9. From the aforesaid discussion, the inevitable conclusions are as follows :
(i) The plaintiff and defendant No. 2 succeeded to the properties of Chandra Dalabehera after his death in 1976 as tenants-in-common;
(ii) the plaintiff had no locus standi to challenge the validity of the deed of gift. However, the deed of gift was not binding on the interest of the plaintiff in the disputed properties;
(iii) The deed of gift had been Validly executed and accepted and the deed of cancellation did not have the effect of nullifying the deed of gift which was already acted upon; and
(iv) The deed of gift is binding to the extent of interest of defendant No. 2, that is to say, half interest in the disputed properties.
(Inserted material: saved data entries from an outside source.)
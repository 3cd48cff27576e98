ghost use Rattle.spec_admit.specs.Examples.{WorkedExamples};
ghost use Rattle.spec_admit.specs.Laws.{FirstOfItsGroup, NoFaultWhereAdmitted, OneFault};
ghost use Rattle.spec_admit.specs.Laws.{OneLeftSide, OneValueWhereAdmitted};

use term_order::TermOrder;

/// By each order, an admitted specification has no fault.
pub fn no_fault_where_admitted<O: TermOrder>()
    ensures { (o : O) → NoFaultWhereAdmitted (O.above o) }
{
    overlap_check::one_answer();
    overlap_check::both_overlap();
}

/// By each order, a specification has at most one first fault.
pub fn one_fault<O: TermOrder>()
    ensures { (o : O) → OneFault (O.above o) }
{
    overlap_check::one_answer();
    overlap_check::both_overlap();
    coverage_check::one_named();
}

/// A fault of guards names the first rule of its group.
pub fn guards_name_the_first_of_a_group<O: TermOrder>(order: &O)
    ensures { FirstOfItsGroup (O.above order.now) }
{}

/// In an admitted specification each call of a function with values has exactly one left side that
/// matches, and each term at most one value and one cost.
pub fn each_call_has_one_left_side<O: TermOrder>(order: &O)
    ensures left_side { OneLeftSide (O.above order.now) }
    ensures value { OneValueWhereAdmitted (O.above order.now) }
{
    spec_core::one_value();
}

/// The definitions say of rules for addition what one works out by hand.
pub fn worked_examples()
    ensures { WorkedExamples }
{
    spec_core::worked_examples();
    overlap_check::worked_examples();
    coverage_check::worked_examples();
}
10. During pendency of the appeal, defendant No. 2 has qxpired. In view of the provisions contained in Section 15 of the Hindu Succession Act, it is apparent that the plaintiff is the sole legal representative of defendant in respect of the properties inherited by defendant No. 2 from her husband. Since the deed of gift is found to be binding so far as interest of defendant No. 2 is concerned, the plaintiff is entitled to a decree for declaration of her right over haif of the disputed properties. However, she is not entitled to recover the entire properties and is entitled to recover half of the disputed properties. Since plaintiff and defendant No. 1 are the only persons entitled to remain in possession, in the interest of justice, it is necessary to mould the relief and pass a preliminary decree for partition. The plaintiff is entitled to get possession of half of the disputed properties. Such a course is adopted keeping in view the principle enunciated in the decision of this Court reported in 7977 (1) CWR 121 (Bui Sahuani and Ors. v. Seshadev Sahu and others).
11. In the result, the first appeal is allowed in part and the decree of the trial Court is modified. Preliminary decree for partition is passed declaring half interest of plaintiff and half interest of defendant No. 1 in the properties which are the subject-matter of the gift deed. There will be no order as to costs in any of the Courts.